[Exercise]
Using the word "places" as the filter, copy each matching line from the records.

Source records:
▬▬▬▬▬▬▬▬▬▬
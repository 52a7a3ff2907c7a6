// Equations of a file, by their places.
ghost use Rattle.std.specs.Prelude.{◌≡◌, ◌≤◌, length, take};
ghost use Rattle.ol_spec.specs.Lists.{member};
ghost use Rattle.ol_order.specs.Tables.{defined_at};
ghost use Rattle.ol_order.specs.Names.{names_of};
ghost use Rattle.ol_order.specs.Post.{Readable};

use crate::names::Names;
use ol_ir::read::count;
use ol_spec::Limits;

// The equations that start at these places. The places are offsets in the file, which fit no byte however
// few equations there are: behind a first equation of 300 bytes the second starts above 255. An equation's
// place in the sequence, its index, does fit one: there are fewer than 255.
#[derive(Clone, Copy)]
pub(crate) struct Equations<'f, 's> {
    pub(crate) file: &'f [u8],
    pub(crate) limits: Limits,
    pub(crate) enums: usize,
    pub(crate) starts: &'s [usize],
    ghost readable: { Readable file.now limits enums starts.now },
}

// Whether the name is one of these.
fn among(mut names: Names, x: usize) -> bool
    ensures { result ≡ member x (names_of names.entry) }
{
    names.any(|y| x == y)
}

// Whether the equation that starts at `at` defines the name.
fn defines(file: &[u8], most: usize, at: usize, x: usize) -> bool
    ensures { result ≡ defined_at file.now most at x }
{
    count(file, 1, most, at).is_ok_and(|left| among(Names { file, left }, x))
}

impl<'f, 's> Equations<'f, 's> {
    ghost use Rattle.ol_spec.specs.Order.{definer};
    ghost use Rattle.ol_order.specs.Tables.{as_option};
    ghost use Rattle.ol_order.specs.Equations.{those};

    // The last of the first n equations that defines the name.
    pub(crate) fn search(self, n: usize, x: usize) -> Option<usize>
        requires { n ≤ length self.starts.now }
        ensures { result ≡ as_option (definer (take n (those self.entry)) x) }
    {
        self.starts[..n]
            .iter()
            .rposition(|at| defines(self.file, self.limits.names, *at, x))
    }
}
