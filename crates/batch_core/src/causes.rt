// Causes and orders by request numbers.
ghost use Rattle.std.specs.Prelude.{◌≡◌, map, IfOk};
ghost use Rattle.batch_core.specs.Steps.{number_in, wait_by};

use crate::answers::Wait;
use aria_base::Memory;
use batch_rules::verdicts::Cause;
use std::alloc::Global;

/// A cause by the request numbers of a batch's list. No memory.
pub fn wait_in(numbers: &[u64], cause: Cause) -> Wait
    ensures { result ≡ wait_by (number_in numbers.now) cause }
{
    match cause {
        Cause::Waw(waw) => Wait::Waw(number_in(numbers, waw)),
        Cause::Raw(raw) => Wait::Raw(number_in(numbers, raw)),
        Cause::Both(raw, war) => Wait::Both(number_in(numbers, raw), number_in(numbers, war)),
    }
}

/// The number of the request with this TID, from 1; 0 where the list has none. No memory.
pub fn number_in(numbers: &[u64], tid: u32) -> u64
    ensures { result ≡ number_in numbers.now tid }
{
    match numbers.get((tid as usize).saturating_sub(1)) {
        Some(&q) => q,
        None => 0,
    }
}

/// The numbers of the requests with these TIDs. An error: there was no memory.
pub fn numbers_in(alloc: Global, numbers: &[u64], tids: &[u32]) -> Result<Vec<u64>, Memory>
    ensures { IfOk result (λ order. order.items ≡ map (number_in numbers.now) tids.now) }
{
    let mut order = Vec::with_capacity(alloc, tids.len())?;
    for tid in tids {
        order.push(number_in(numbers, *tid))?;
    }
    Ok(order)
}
▬▬▬▬▬▬▬▬▬▬
[Completed exercise]
// Equations of a file, by their places.
// The equations that start at these places. The places are offsets in the file, which fit no byte however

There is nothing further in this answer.